* _RECORDS FOR THIS TASK_
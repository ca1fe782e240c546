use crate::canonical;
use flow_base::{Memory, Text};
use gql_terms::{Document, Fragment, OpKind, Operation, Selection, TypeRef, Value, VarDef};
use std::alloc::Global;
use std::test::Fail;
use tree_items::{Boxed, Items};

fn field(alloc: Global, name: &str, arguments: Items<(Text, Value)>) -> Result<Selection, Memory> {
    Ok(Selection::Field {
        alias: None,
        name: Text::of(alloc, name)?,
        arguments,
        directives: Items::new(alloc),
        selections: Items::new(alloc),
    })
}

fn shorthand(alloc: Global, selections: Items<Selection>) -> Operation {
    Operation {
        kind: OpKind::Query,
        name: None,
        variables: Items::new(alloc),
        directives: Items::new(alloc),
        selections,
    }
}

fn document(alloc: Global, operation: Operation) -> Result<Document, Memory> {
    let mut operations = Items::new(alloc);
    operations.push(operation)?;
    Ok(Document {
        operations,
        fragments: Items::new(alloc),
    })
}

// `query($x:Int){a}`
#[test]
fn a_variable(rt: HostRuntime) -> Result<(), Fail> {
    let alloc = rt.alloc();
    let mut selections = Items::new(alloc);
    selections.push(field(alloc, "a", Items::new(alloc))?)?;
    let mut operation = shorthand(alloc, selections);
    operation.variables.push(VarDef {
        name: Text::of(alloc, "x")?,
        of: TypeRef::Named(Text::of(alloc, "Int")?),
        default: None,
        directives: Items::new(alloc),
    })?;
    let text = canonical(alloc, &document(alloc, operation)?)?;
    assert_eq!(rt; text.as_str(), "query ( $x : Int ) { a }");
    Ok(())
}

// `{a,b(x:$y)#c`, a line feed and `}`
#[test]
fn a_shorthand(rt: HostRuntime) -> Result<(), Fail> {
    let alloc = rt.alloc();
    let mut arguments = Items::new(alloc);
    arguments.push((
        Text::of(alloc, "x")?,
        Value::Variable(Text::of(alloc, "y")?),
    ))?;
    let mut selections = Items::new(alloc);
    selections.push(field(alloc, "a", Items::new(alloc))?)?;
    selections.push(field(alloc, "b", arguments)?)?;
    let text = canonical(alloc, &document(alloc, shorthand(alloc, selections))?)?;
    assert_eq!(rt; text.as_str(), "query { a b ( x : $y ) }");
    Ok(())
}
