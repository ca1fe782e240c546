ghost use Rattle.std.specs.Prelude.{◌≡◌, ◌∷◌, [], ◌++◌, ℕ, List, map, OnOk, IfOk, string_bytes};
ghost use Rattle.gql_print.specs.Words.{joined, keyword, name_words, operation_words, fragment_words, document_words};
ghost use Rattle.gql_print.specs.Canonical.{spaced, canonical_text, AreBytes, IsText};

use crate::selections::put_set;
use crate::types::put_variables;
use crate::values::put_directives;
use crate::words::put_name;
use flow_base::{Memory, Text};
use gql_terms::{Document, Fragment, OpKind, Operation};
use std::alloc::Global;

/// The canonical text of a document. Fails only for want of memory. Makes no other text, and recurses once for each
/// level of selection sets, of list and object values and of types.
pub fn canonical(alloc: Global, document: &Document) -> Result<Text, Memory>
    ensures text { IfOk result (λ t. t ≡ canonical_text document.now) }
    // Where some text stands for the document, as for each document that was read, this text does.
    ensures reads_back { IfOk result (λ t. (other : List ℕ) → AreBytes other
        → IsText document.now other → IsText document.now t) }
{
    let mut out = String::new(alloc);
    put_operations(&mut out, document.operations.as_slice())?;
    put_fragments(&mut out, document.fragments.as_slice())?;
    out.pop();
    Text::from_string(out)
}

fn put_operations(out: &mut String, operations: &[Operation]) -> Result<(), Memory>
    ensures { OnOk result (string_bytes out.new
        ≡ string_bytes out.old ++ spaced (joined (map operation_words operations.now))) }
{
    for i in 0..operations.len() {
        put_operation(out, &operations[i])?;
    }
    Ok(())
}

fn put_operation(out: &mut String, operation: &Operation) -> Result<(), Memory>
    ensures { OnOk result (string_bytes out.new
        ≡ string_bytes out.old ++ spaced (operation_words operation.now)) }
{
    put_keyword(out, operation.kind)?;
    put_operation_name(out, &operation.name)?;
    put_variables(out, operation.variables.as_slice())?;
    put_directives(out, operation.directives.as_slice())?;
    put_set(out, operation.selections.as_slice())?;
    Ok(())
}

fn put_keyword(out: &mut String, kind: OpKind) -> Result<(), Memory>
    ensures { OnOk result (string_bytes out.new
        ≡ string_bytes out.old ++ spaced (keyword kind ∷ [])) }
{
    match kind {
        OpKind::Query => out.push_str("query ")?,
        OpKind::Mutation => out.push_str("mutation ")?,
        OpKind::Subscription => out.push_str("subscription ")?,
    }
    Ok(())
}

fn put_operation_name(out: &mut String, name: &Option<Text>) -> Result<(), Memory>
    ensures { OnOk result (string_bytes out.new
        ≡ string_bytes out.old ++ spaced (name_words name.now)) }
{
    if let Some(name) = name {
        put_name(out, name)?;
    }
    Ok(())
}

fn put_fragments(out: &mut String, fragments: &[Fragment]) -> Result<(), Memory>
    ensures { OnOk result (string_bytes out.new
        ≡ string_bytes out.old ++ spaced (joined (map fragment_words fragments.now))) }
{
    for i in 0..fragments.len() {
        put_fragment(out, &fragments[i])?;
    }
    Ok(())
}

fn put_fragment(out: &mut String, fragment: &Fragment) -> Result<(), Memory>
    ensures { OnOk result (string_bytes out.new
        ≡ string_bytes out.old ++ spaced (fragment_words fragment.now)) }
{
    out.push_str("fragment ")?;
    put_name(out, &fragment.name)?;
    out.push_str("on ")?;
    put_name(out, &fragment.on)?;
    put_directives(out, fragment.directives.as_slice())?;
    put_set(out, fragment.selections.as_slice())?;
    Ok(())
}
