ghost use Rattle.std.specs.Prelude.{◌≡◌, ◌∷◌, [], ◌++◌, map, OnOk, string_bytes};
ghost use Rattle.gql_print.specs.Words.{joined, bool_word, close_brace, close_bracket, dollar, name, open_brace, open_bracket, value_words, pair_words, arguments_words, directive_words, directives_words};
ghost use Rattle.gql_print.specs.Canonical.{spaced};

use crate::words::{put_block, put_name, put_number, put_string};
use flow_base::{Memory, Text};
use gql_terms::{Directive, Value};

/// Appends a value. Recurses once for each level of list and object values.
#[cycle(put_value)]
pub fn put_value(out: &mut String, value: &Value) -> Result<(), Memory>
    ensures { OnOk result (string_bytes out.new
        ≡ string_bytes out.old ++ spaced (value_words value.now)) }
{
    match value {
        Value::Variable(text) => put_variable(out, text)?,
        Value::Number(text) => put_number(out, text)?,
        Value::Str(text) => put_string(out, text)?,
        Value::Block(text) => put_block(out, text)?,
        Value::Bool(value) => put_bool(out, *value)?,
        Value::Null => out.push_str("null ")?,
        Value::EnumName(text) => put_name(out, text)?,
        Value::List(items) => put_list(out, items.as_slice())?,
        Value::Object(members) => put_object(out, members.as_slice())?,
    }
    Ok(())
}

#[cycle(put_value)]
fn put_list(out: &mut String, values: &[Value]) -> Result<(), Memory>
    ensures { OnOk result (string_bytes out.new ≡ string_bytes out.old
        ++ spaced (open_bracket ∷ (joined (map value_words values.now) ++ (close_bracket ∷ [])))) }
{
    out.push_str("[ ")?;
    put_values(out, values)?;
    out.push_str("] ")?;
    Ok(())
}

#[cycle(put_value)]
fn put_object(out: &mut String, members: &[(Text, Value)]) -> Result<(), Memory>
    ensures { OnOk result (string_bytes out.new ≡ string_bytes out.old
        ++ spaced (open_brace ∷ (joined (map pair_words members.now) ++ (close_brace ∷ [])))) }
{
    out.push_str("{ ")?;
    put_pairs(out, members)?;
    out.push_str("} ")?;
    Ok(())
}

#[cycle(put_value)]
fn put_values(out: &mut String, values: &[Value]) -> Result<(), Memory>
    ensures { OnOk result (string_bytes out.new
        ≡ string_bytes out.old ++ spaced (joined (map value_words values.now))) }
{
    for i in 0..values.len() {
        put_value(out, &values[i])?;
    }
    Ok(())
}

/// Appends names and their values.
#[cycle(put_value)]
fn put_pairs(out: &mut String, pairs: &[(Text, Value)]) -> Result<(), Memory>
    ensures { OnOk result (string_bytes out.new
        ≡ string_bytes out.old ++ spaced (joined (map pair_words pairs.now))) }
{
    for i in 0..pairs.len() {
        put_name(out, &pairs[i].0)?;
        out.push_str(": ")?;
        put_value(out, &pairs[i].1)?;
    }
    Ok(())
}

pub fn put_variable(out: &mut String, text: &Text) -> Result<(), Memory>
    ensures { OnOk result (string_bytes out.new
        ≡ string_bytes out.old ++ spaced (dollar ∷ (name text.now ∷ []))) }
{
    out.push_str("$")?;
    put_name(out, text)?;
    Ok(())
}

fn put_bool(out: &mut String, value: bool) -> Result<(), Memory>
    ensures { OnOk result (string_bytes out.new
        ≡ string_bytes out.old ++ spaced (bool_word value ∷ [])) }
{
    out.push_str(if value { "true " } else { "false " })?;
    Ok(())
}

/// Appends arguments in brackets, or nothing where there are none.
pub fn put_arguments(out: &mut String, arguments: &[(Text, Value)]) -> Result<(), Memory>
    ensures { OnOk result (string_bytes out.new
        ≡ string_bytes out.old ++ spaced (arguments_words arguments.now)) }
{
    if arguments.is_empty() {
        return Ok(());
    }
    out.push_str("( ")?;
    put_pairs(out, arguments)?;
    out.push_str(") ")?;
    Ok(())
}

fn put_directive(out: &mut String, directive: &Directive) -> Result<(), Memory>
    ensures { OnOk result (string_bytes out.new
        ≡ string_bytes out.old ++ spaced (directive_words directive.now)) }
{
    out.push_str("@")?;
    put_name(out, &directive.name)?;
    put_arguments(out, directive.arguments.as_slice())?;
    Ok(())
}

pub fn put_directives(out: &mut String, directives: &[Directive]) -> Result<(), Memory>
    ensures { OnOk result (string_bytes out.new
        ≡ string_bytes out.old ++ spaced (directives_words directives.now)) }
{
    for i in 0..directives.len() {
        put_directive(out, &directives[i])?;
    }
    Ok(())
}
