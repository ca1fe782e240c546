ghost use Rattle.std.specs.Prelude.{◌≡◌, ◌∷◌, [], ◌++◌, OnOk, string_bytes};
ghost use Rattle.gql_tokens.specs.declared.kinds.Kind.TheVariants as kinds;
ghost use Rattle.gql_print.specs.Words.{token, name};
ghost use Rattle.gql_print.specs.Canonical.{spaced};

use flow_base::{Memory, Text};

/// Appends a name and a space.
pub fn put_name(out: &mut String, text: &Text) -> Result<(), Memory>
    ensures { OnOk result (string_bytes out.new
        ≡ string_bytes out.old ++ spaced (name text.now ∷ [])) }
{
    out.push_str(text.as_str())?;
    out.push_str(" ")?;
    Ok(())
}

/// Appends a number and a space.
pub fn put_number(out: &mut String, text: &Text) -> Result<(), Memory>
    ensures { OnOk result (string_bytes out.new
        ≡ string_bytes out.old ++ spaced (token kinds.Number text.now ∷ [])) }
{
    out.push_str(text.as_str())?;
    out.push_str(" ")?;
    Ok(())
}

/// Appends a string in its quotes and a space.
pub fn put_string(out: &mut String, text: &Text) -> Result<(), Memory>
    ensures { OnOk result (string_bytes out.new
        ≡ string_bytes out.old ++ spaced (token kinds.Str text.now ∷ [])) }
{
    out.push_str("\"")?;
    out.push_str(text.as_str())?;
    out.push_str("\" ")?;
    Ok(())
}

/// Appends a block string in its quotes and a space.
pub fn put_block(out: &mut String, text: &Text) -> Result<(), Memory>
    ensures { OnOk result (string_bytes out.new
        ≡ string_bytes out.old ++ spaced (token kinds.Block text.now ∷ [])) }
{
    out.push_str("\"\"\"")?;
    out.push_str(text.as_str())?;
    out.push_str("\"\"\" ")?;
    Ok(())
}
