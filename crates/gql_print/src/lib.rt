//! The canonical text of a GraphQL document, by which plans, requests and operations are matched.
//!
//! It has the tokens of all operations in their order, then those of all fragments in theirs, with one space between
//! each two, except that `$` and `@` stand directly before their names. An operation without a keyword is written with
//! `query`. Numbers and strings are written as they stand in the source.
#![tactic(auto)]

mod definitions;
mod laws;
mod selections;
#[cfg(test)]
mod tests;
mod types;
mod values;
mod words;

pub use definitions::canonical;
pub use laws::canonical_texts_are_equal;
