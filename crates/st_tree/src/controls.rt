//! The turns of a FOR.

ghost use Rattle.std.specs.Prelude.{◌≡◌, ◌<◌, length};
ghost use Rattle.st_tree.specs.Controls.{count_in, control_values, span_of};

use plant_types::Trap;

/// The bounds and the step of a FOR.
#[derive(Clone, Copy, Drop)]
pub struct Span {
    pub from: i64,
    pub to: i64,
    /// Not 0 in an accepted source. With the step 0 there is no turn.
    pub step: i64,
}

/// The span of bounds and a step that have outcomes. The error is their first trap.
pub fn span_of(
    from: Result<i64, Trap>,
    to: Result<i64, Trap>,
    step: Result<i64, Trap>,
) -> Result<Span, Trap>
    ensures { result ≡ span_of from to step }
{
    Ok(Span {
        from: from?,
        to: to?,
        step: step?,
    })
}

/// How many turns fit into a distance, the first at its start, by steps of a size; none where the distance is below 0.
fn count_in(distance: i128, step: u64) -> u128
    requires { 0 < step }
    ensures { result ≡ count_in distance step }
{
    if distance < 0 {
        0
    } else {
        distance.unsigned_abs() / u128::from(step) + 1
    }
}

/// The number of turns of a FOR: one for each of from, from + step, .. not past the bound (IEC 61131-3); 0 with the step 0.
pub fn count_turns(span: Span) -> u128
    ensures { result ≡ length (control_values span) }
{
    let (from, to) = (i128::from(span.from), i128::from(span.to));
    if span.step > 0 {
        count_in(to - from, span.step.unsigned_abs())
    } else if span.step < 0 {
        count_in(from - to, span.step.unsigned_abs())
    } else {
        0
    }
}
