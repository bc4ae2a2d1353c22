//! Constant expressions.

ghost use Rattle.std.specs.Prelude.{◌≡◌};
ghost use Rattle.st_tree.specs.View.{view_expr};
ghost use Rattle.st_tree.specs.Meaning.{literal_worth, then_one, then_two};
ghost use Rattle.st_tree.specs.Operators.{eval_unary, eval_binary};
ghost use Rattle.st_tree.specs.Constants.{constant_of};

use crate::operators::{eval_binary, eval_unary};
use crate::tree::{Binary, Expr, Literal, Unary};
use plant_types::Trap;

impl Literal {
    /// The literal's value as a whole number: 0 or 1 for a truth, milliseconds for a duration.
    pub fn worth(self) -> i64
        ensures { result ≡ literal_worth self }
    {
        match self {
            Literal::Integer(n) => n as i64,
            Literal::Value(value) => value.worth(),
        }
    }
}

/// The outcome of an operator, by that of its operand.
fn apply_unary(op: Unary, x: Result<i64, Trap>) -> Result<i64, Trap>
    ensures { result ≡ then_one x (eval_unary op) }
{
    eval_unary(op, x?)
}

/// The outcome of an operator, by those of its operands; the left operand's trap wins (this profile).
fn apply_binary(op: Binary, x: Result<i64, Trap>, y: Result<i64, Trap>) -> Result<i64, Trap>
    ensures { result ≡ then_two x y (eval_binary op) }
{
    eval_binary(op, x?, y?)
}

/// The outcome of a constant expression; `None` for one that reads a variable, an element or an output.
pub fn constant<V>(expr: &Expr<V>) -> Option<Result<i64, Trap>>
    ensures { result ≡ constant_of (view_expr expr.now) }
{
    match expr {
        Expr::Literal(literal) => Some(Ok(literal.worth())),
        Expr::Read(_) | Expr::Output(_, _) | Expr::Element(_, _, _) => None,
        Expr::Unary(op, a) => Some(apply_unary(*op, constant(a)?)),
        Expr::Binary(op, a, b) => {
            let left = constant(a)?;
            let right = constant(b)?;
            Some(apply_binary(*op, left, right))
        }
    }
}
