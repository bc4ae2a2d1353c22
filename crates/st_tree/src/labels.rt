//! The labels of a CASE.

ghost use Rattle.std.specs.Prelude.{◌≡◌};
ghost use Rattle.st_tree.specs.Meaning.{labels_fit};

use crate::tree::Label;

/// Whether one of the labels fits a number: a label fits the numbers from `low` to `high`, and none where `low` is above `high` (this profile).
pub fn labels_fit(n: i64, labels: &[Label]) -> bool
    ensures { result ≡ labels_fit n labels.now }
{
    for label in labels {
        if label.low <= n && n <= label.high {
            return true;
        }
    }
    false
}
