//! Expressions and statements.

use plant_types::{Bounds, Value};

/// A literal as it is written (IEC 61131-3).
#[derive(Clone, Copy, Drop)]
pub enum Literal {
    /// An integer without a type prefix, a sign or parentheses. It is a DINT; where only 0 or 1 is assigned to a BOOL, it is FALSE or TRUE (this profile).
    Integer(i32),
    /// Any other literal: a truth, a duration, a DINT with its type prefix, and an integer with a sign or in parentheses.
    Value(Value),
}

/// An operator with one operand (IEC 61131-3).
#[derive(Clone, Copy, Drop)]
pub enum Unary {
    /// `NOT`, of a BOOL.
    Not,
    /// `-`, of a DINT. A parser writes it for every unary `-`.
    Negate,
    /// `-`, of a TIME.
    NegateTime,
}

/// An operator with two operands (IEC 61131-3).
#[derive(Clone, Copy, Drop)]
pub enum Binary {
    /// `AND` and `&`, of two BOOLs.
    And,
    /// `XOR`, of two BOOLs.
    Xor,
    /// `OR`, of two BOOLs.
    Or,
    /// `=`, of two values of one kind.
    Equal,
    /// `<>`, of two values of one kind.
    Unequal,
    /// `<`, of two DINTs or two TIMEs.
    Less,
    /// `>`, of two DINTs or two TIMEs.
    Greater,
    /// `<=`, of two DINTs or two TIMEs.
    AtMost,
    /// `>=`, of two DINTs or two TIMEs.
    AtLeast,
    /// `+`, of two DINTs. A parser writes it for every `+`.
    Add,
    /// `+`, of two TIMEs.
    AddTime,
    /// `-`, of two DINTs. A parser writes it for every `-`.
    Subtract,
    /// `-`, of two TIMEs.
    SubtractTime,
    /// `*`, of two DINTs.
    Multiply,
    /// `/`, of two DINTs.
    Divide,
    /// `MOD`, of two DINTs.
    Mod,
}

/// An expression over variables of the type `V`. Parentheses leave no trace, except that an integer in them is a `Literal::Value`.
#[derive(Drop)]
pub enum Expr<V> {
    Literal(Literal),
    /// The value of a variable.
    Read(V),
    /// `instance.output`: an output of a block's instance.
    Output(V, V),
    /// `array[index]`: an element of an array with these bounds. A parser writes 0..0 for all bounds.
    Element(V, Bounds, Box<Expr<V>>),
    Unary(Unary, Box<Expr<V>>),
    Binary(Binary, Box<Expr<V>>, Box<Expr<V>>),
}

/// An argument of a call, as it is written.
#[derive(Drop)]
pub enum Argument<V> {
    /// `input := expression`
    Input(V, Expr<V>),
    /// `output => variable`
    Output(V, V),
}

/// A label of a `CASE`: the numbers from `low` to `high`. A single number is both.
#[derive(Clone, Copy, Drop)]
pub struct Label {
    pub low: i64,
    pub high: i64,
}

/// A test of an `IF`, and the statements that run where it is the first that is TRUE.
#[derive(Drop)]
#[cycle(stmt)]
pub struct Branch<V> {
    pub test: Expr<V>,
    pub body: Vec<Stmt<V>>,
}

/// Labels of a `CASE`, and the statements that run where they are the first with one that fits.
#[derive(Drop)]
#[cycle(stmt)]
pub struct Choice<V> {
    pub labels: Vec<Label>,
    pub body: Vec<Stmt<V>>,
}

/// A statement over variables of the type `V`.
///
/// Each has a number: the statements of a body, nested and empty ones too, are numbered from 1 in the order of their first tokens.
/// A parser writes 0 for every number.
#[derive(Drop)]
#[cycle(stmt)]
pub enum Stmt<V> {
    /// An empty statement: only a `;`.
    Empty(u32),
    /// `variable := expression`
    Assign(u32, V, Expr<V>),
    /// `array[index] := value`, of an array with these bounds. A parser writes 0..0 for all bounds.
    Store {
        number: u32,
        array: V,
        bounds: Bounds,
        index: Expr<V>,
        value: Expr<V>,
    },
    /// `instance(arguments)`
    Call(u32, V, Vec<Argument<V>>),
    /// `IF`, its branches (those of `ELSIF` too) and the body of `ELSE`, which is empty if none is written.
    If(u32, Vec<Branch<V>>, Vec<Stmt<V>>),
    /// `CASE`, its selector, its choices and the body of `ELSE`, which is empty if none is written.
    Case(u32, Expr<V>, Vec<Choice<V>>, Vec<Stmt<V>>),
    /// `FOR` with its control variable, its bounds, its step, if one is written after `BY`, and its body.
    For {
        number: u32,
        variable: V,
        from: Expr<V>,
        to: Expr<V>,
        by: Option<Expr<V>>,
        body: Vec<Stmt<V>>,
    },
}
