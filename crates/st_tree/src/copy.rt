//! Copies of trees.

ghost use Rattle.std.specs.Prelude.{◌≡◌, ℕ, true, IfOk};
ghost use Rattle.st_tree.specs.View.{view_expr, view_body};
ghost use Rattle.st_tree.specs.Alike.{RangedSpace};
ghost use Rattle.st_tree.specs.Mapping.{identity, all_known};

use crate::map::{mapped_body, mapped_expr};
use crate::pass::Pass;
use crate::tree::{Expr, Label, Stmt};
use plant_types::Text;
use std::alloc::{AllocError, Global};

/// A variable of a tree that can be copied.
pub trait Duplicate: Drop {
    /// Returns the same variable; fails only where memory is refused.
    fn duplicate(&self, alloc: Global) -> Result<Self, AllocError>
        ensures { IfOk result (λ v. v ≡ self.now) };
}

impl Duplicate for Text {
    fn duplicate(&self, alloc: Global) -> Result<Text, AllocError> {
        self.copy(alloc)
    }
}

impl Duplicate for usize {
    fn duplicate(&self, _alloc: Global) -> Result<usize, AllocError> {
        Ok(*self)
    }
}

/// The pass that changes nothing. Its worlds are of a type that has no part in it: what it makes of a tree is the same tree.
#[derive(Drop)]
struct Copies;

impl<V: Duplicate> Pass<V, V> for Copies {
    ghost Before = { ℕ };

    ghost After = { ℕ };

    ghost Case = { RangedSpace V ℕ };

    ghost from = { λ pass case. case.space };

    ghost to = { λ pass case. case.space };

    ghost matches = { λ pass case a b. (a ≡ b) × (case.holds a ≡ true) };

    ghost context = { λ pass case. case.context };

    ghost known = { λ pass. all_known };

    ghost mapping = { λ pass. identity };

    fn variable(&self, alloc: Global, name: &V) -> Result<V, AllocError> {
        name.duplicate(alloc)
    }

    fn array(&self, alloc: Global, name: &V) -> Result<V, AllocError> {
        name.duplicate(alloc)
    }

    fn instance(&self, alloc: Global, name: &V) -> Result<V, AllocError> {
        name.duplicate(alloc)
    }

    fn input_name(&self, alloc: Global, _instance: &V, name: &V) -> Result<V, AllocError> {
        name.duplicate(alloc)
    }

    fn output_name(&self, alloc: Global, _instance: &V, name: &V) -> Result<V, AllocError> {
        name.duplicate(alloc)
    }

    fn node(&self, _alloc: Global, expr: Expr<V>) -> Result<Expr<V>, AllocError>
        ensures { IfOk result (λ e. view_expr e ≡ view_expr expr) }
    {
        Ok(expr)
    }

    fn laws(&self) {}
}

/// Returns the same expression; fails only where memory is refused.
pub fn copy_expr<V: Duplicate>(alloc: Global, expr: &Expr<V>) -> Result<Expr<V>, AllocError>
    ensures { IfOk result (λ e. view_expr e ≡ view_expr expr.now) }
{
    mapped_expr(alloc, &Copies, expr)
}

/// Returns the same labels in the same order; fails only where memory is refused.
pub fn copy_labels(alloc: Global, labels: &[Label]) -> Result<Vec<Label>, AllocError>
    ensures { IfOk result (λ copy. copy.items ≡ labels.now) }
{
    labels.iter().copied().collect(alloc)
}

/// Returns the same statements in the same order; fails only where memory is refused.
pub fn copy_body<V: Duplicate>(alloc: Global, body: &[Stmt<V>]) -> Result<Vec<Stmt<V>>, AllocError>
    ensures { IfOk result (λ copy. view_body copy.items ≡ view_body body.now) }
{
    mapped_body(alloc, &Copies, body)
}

* _REQUIRED ACTION_
Find and copy each line above that includes the string "those".

* _RESULT FOR THIS EXERCISE_
//! It has the tokens of all operations in their order, then those of all fragments in theirs, with one space between
/// The outcome of an operator, by those of its operands; the left operand's trap wins (this profile).
    /// `IF`, its branches (those of `ELSIF` too) and the body of `ELSE`, which is empty if none is written.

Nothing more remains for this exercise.